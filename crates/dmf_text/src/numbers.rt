//! The three numbers of a line after its first field.
ghost use Rattle.std.specs.Prelude.{◌≡◌, IfErr, IfOk, IfSome, Err};
ghost use Rattle.dmf_text.specs.Fields.{fields};
ghost use Rattle.dmf_text.specs.Numbers.{numbers_in, AreSpelled, IsAhead, IsNumberInFront, IsNumberBefore, AreDigitsInFront};
ghost use Rattle.dmf_text.specs.declared.numbers.NumbersFault.TheVariants as numbers_fault;

use crate::digits::{NumberFault, number};
use crate::exact_fields::{WrongFieldCount, three_fields};
use crate::field::{Fields, is_blank, leading_blanks};

/// A number of so many digits is below 2^64, whatever they are.
const SHORT: usize = 19;

/// Why fields are not three numbers.
#[derive(Clone, Copy)]
pub(crate) enum NumbersFault {
    /// There are too few fields, or too many.
    FieldCount,
    /// One of them spells no number.
    Number(NumberFault),
}

impl From<WrongFieldCount> for NumbersFault {
    ghost from_gives = { λ _ fault. fault ≡ numbers_fault.FieldCount };

    fn from(_count: WrongFieldCount) -> NumbersFault {
        NumbersFault::FieldCount
    }
}

impl From<NumberFault> for NumbersFault {
    ghost from_gives = { λ fault of_all. of_all ≡ numbers_fault.Number fault };

    fn from(fault: NumberFault) -> NumbersFault {
        NumbersFault::Number(fault)
    }
}

/// The numbers that the fields spell, if there are exactly three. Where each is short, reads its bytes once.
pub(crate) fn three_numbers(behind: Fields<'_>) -> Result<(u64, u64, u64), NumbersFault>
    ensures spelled { IfOk result (λ three. AreSpelled behind.entry three.0 three.1 three.2) }
    ensures fault { IfErr result (λ fault. numbers_in behind.entry ≡ Err fault) }
{
    if let Some(three) = short_numbers(behind.rest()) {
        return Ok(three);
    }
    let (first, second, third) = three_fields(behind)?;
    let first = number(first)?;
    let second = number(second)?;
    let third = number(third)?;
    Ok((first, second, third))
}

/// The three numbers that the fields of a line spell. `None` if they spell anything else, or if one of the numbers is long.
fn short_numbers(line: &[u8]) -> Option<(u64, u64, u64)>
    ensures { IfSome result (λ three. AreSpelled (fields line.now) three.0 three.1 three.2) }
{
    let (first, line) = short_number(line)?;
    let (second, line) = short_number(line)?;
    let (third, line) = short_number(line)?;
    if !line.is_empty() {
        return None;
    }
    Some((first, second, third))
}

/// The number that the first field of a line spells, and the bytes after it.
fn short_number(line: &[u8]) -> Option<(u64, &[u8])>
    ensures { IfSome result (λ ahead. IsAhead line.now ahead.0 ahead.1.now) }
{
    let (_, rest) = line.split_at(leading_blanks(line));
    let (value, count) = number_in_front(rest)?;
    let (_, behind) = rest.split_at(count);
    Some((value, behind))
}

/// The number that the bytes before the first blank spell, and how many bytes these are. `None` if they spell none, or are more
/// than [`SHORT`].
fn number_in_front(bytes: &[u8]) -> Option<(u64, usize)>
    ensures { IfSome result (λ front. IsNumberInFront bytes.now front.0 front.1) }
{
    let (value, count) = digits_in_front(bytes);
    if count == 0 || (count < bytes.len() && !is_blank(bytes[count])) {
        return None;
    }
    Some((value, count))
}

/// The number that the bytes before this byte spell, and the bytes behind it. `None` if they spell none, or are more than [`SHORT`].
pub(crate) fn number_before(end: u8, bytes: &[u8]) -> Option<(u64, &[u8])>
    ensures { IfSome result (λ front. IsNumberBefore end bytes.now front.0 front.1.now) }
{
    let (value, count) = digits_in_front(bytes);
    if count == 0 || count == bytes.len() || bytes[count] != end {
        return None;
    }
    Some((value, &bytes[count + 1..]))
}

/// The number that the first bytes spell, and how many bytes these are: the digits in front, up to [`SHORT`] of them.
fn digits_in_front(bytes: &[u8]) -> (u64, usize)
    ensures { AreDigitsInFront bytes.now result.0 result.1 }
{
    let most = bytes.len().min(SHORT);
    let mut value = 0u64;
    for i in 0..most {
        let byte = bytes[i];
        if !byte.is_ascii_digit() {
            return (value, i);
        }
        value = value * 10 + u64::from(byte - b'0');
    }
    (value, most)
}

------------------------------------------------

* [About this exercise]:
Among the lines of the listing above, which ones hold "more"? Copy them.

* [Answer for the task]:
/// The number that the bytes before the first blank spell, and how many bytes these are. `None` if they spell none, or are more
/// The number that the bytes before this byte spell, and the bytes behind it. `None` if they spell none, or are more than [`SHORT`].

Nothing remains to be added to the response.